### Work order
Your answer should be an exact copy of the lines from the start of the entries to the line containing "use crate::parse_terms::source::Source;", both included.

Records from a data source
#####
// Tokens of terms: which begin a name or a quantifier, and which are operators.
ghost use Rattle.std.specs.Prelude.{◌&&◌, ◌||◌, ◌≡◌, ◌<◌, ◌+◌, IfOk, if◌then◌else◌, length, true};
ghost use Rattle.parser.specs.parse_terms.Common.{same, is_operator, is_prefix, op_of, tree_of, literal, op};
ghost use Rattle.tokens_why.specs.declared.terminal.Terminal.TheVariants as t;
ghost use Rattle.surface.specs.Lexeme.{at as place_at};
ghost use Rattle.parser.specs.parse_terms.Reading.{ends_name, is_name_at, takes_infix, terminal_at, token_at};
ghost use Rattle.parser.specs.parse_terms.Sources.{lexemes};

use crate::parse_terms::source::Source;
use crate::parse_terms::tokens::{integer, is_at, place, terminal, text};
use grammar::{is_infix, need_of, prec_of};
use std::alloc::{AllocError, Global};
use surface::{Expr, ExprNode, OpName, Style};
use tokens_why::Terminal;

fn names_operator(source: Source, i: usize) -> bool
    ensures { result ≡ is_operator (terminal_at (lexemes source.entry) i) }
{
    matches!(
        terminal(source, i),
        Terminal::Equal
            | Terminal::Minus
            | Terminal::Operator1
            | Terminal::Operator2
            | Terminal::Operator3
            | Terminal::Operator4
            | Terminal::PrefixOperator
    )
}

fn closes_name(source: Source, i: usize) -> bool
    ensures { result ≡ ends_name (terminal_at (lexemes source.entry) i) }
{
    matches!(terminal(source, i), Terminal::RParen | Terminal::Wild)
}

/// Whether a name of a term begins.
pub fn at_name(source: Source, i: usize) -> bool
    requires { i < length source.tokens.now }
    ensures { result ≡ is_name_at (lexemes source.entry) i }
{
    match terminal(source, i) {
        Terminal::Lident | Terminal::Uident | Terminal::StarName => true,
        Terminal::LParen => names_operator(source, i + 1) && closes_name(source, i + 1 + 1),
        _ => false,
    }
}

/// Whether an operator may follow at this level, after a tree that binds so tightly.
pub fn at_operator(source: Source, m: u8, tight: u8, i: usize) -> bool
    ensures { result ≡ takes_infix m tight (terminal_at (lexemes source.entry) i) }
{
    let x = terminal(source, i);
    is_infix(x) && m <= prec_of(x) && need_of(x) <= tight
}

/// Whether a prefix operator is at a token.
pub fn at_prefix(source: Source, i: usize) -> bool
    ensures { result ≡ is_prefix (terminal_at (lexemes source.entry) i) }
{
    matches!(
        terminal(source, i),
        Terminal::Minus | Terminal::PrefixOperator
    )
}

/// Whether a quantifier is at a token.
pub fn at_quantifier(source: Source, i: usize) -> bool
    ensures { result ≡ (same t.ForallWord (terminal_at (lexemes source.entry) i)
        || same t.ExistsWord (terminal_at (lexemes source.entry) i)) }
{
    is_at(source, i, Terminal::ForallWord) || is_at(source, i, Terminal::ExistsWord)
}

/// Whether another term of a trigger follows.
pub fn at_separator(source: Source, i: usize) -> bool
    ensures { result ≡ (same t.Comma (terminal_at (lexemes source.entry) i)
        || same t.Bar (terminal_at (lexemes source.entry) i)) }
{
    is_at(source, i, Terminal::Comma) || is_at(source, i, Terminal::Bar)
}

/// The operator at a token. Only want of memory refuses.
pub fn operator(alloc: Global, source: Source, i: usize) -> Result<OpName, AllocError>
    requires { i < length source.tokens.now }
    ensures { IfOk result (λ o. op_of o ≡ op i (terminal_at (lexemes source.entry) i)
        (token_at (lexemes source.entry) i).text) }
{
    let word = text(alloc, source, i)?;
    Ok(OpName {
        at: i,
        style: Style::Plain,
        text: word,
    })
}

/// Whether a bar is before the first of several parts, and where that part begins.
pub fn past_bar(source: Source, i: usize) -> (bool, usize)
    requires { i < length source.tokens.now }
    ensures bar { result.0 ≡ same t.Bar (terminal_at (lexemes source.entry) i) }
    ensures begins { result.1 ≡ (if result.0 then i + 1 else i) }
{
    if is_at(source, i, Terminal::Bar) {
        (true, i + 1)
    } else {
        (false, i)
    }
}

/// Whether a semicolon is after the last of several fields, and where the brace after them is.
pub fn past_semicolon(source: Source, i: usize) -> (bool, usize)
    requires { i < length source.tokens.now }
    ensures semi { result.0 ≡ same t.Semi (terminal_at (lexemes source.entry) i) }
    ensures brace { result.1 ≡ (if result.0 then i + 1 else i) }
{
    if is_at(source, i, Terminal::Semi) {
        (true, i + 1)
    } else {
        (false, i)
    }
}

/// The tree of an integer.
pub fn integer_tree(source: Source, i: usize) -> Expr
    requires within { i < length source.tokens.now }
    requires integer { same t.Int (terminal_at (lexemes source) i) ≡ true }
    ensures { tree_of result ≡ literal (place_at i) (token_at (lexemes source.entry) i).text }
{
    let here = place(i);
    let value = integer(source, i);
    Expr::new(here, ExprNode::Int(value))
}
#####
### Answer to the problem
// Tokens of terms: which begin a name or a quantifier, and which are operators.
ghost use Rattle.std.specs.Prelude.{◌&&◌, ◌||◌, ◌≡◌, ◌<◌, ◌+◌, IfOk, if◌then◌else◌, length, true};
ghost use Rattle.parser.specs.parse_terms.Common.{same, is_operator, is_prefix, op_of, tree_of, literal, op};
ghost use Rattle.tokens_why.specs.declared.terminal.Terminal.TheVariants as t;
ghost use Rattle.surface.specs.Lexeme.{at as place_at};
ghost use Rattle.parser.specs.parse_terms.Reading.{ends_name, is_name_at, takes_infix, terminal_at, token_at};
ghost use Rattle.parser.specs.parse_terms.Sources.{lexemes};

use crate::parse_terms::source::Source;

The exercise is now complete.